Alert data will be consumed on stored on disk. In this example data will be partitioned by time, this means the alerts will be stored by their date (YYYY/MM/DD). This is useful if you transfered several nights. Alternatively, you can also choose to partition by alert classification (Fink or TNS classification), and you will have e.g.

tree -d outdir/
outdir/
├── **
│   ├── part-0-13000.parquet
│   ├── part-0-16000.parquet
│   ├── part-0-18000.parquet
│   ├── part-0-3000.parquet
│   ├── part-0-4000.parquet
│   ├── part-0-6000.parquet
│   └── part-0-8000.parquet
├── Ae*
├── AGB*
├── AGB*_Candidate
├── AGN
├── AGN_Candidate
├── Ambiguous
├── BClG
├── Be*
├── Blazar
├── Blazar_Candidate
├── BLLac
├── Blue
├── BlueSG*
├── BlueStraggler
├── BYDra
├── C*
├── CataclyV*
...

You can then easily read the alert data in a Pandas DataFrame for example:

import pandas as pd

pdf = pd.read_parquet('outdir')

pdf.head(2)
       objectId               candid     magpsf  sigmapsf  fid  ...
0  ZTF18abyjrnl  2182290200315010047  18.590357  0.073010    2  ...
1  ZTF18acpdmhl  2182336375415015008  19.446053  0.166661    1  ...

How is this done in practice?

(1) the user connects to the service and request a transfer by filling fields and hitting the submit button. (2) Dash callbacks build and upload the execution script to HDFS, and submit a job in the Fink Apache Spark cluster using the Livy service. (3) Necessary data is loaded from the distributed storage system containing Fink data and processed by the Spark cluster. (4) The resulting alerts are published to the Fink Apache Kafka cluster, and they are available up to 4 days by the user. (5) The user can retrieve the data using e.g. the Fink client, or any Kafka-based tool.

Benchmarks

Publishing data

The first experiment was to select a night of data (about 250,000 alerts), apply some filters on it based on the magnitude, select lightweight alert content (~1.4 KB/alert on disk), and submit the job.

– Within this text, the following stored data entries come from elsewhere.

//! A circuit with called circuits laid into it.
ghost use Rattle.std.specs.Prelude.{◌≡◌, ◌<◌, ◌≤◌, ◌+◌, ◌-◌, ◌^◌, ◌++◌, ℕ, IfOk, OnOk, length};
ghost use Rattle.std.specs.Prelude.{drop, map, slice_index, slice_get, Some, true};
ghost use Rattle.align_laws.specs.Lists.{net_at_pin};
ghost use Rattle.net_model.specs.Rows.{plain_device, plain_call, plain_circuit};
ghost use Rattle.net_align.specs.Laid.{AreBelow, IsRowBelow, AreRowsBelow, AreCallsBelow, name_below};
ghost use Rattle.net_align.specs.Laid.{ArePut, device_put, call_put, laid, stayed, own_part};
ghost use Rattle.net_align.specs.Laid.{laid_out, goes_of, AreCircuitsBelow, IsFlatThere, LaidLaw};
ghost use Rattle.plain_netlist.specs.Netlist.{Circuit as PlainCircuit};
ghost use Rattle.net_model.specs.declared.netlist.CallRow.{CallRow as Call};

use list_base::number;
use net_model::{CallRow, Circuit, DeviceRow, copy_devices, copy_names};
use net_names::Name;
use std::alloc::{AllocError, Global};

/// The circuit with those of its calls replaced that go: by the nets past the pins, the devices
/// and the calls of the flat circuit that they call. `flats` has the flat circuit of each that
/// goes.
///
/// Linear in the result.
pub fn inline(
    alloc: Global,
    given: &Circuit,
    goes: &[bool],
    flats: &[Option<Circuit>],
) -> Result<Circuit, AllocError>
    ghost f: { ℕ → PlainCircuit }
    requires circuits { AreCircuitsBelow given.now.calls.items (length goes.now) }
    requires flats { (i : ℕ) (r : Call) → slice_get given.now.calls.items i ≡ Some r
        → goes_of goes.now r.circuit ≡ true → IsFlatThere flats.now f r }
    ensures { IfOk result (λ c. plain_circuit c
        ≡ laid_out (goes_of goes.now) f (plain_circuit given.now)) }
{
    let mut flat = own(alloc, given, goes)?;
    for k in 0..given.calls.len() {
        let call = &given.calls[k];
        if goes[call.circuit as usize] {
            lay_call(alloc, &mut flat, k, call, flats)?;
        }
    }
    Ok(flat)
}

// The flat circuit that call k calls, laid in.
fn lay_call(
    alloc: Global,
    flat: &mut Circuit,
    k: usize,
    call: &CallRow,
    flats: &[Option<Circuit>],
) -> Result<(), AllocError>
    ghost f: { ℕ → PlainCircuit }
    requires number { k < 2 ^ 64 - 1 }
    requires flat { IsFlatThere flats.now f call.now }
    ensures { OnOk result (plain_circuit flat.new
        ≡ laid k (plain_call call.now) (f call.now.circuit) (plain_circuit flat.old)) }
{
    if let Some(inner) = &flats[call.circuit as usize] {
        lay_in(alloc, flat, k, call, inner)?;
    }
    Ok(())
}

// The circuit without the calls that go.
fn own(alloc: Global, given: &Circuit, goes: &[bool]) -> Result<Circuit, AllocError>
    requires { AreCircuitsBelow given.now.calls.items (length goes.now) }
    ensures { IfOk result (λ c. plain_circuit c
        ≡ own_part (goes_of goes.now) (plain_circuit given.now)) }
{
    Ok(Circuit {
        name: given.name.try_clone(alloc)?,
        nets: copy_names(alloc, &given.nets)?,
        pins: given.pins.as_slice().to_vec(alloc)?,
        devices: copy_devices(alloc, &given.devices)?,
        calls: own_calls(alloc, &given.calls, goes)?,
    })
}

fn own_calls(alloc: Global, calls: &[CallRow], goes: &[bool]) -> Result<Vec<CallRow>, AllocError>
    requires { AreCircuitsBelow calls.now (length goes.now) }
    ensures { IfOk result (λ own. map plain_call own.items
        ≡ stayed (goes_of goes.now) (map plain_call calls.now)) }
{
    let mut own = Vec::new(alloc);
    for call in calls {
        if !goes[call.circuit as usize] {
            own.push(CallRow {
                circuit: call.circuit,
                nets: call.nets.as_slice().to_vec(alloc)?,
            })?;
        }
    }
    Ok(own)
}

fn lay_in(
    alloc: Global,
    flat: &mut Circuit,
    k: usize,
    call: &CallRow,
    inner: &Circuit,
) -> Result<(), AllocError>
    requires number { k < 2 ^ 64 - 1 }
    requires pins { length call.now.nets.items ≤ length inner.now.nets.items }
    requires devices { AreRowsBelow inner.now.devices.items (length inner.now.nets.items) }
    requires calls { AreCallsBelow inner.now.calls.items (length inner.now.nets.items) }
    ensures { OnOk result (plain_circuit flat.new
        ≡ laid k (plain_call call.now) (plain_circuit inner.now) (plain_circuit flat.old)) }
{
    let to = stands_at(alloc, &call.nets, flat.nets.len(), inner.nets.len())?;
    add_nets(alloc, &mut flat.nets, k, &inner.nets, call.nets.len())?;
    add_devices(alloc, &mut flat.devices, &inner.devices, &to)?;
    add_calls(alloc, &mut flat.calls, &inner.calls, &to)?;
    Ok(())
}

fn add_nets(
    alloc: Global,
    nets: &mut Vec<Name>,
    k: usize,
    inner: &[Name],
    pins: usize,
) -> Result<(), AllocError>
    requires { k < 2 ^ 64 - 1 }
    ensures { OnOk result (nets.new.items
        ≡ nets.old.items ++ map (name_below k) (drop pins inner.now)) }
{
    for n in pins..inner.len() {
        nets.push(name_below(alloc, k, &inner[n])?)?;
    }
    Ok(())
}

fn add_devices(
    alloc: Global,
    devices: &mut Vec<DeviceRow>,
    inner: &[DeviceRow],
    to: &[u32],
) -> Result<(), AllocError>
    requires { AreRowsBelow inner.now (length to.now) }
    ensures { OnOk result (map plain_device devices.new.items
        ≡ map plain_device devices.old.items ++ map (device_put (slice_index to.now)) inner.now) }
{
    for row in inner {
        devices.push(device_through(alloc, row, to)?)?;
    }
    Ok(())
}

fn add_calls(
    alloc: Global,
    calls: &mut Vec<CallRow>,
    inner: &[CallRow],
    to: &[u32],
) -> Result<(), AllocError>
    requires { AreCallsBelow inner.now (length to.now) }
    ensures { OnOk result (map plain_call calls.new.items
        ≡ map plain_call calls.old.items ++ map (call_put (slice_index to.now)) inner.now) }
{
    for row in inner {
        calls.push(call_through(alloc, row, to)?)?;
    }
    Ok(())
}

// Where each net of the called circuit stands: the first ones at the call's nets, the others behind
// those that are there.
fn stands_at(
    alloc: Global,
    pins: &[u32],
    behind: usize,
    nets: usize,
) -> Result<Vec<u32>, AllocError>
    requires { length pins.now ≤ nets }
    ensures long { IfOk result (λ to. length to.items ≡ nets) }
    ensures each { IfOk result (λ to. (n : ℕ) → n < nets
        → slice_index to.items n ≡ net_at_pin pins.now (λ m. behind + m) n) }
{
    let mut to = pins.to_vec(alloc)?;
    for n in pins.len()..nets {
        let own = n - pins.len();
        to.push(number(behind.saturating_add(own))?)?;
    }
    Ok(to)
}

// `Xk/` and the name, k counted from 1.
fn name_below(alloc: Global, k: usize, name: &Name) -> Result<Name, AllocError>
    requires { k < 2 ^ 64 - 1 }
    ensures { IfOk result (λ n. n ≡ name_below k name.now) }
{
    let number = k + 1;
    let digits = format!(in alloc; "{number}")?;
    let mut bytes = Vec::new(alloc);
    bytes.push(b'X')?;
    bytes.extend_from_slice(digits.as_bytes())?;
    bytes.push(b'/')?;
    bytes.extend_from_slice(name.bytes())?;
    Ok(Name::from_vec(bytes))
}

// The nets that stand for a device's own.
fn nets_through(row: &DeviceRow, to: &[u32]) -> [u32; 4]
    requires { IsRowBelow row.now (length to.now) }
    ensures { ArePut (slice_index to.now) row.now result }
{
    let mut nets = [0; 4];
    'terminals: for i in 0..row.kind.terminals() {
        nets[i] = to[row.nets[i] as usize];
    }
    nets
}

/// The device with other nets, in the order of its own.
pub fn with_nets(alloc: Global, row: &DeviceRow, nets: [u32; 4]) -> Result<DeviceRow, AllocError>
    ensures { IfOk result (λ d. (to : ℕ → ℕ) → ArePut to row.now nets
        → plain_device d ≡ device_put to row.now) }
{
    Ok(DeviceRow {
        kind: row.kind,
        class: row.class.try_clone(alloc)?,
        sizes: row.sizes,
        nets,
    })
}

// The device with the nets that stand for its own.
fn device_through(alloc: Global, row: &DeviceRow, to: &[u32]) -> Result<DeviceRow, AllocError>
    requires { IsRowBelow row.now (length to.now) }
    ensures { IfOk result (λ d. plain_device d ≡ device_put (slice_index to.now) row.now) }
{
    with_nets(alloc, row, nets_through(row, to))
}

fn call_through(alloc: Global, row: &CallRow, to: &[u32]) -> Result<CallRow, AllocError>
    requires { AreBelow row.now.nets.items (length to.now) }
    ensures { IfOk result (λ r. plain_call r ≡ call_put (slice_index to.now) row.now) }
{
    let mut nets = Vec::new(alloc);
    for n in &row.nets {
        nets.push(to[*n as usize])?;
    }
    Ok(CallRow {
        circuit: row.circuit,
        nets,
    })
}

/// The flat circuit that is made so is the one of the lists.
pub fn laying_exact()
    ensures { LaidLaw }
{}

The first alert was available in less than a minute, and the entire data was pushed in the topic in about 90 seconds using 1 core for the job.

The second experiment was to select several nights of data (about 1.5 million alerts, or 60GB on disk), select only Supernova candidates, apply some filters on it based on the magnitude, select full alert content (~55 KB/alert on disk), and submit the job. The first alert was available in less than a minute, and the entire data was pushed in the topic in about 25 minutes using 1 core for the job.

Data is pushed at a rate of about 20 alert/minute in the topic. Note that even if we started with 1.5 million alerts, the filters reduced a lot the number of alerts to transfer.

CPU load from the Spark cluster (in %). We asked for 1 core, and the job run on 1 machine of the cluster containing 18 cores. The load of the machine is almost constant and small (~5% – which means 1/18 core used), except a 10 minutes rise due to another job submitted at the same time.

The third experiment was to select several weeks of data (about 4.6 million alerts, or about 180GB on disk), apply no filters, select lightweight alert content (~1.4 KB/alert on disk), and submit the job. The first alert was available in less than a minute, and the entire data was pushed in the topic in about 10 minutes using 8 cores for the job:

Data is pushed at a rate of about 500k alert/minute in the topic, or about 8k alert/second using 8 cores.

Data is pushed at a rate of 2 MB/s in the topic.

CPU load from the Spark cluster (in %). We asked for 8 cores split in 4 executors (2 cores/executor). The job was divided in 4 machines, with one having the experiment 2 running as well (purple).

Consuming data

Using the Fink client, we polled alerts from the third experiment (about 4.6 million alerts). It took about 10 minutes to get all the alerts polled and written on disk (this would depend on your network – but this the order of magnitudes):

What is next?

Since the service has just opened, you might experience some service interruptions, or inefficiencies. This service is highly demanding in resources, so in the first weeks of deployment we will monitor the load of the clusters and optimize the current design.

We are also thinking to expand the service, to include for example classification or cross-match on-demand while transfering the data (hence old alerts would contain information from newer science module or additional catalogs). Let us know what you would like to have!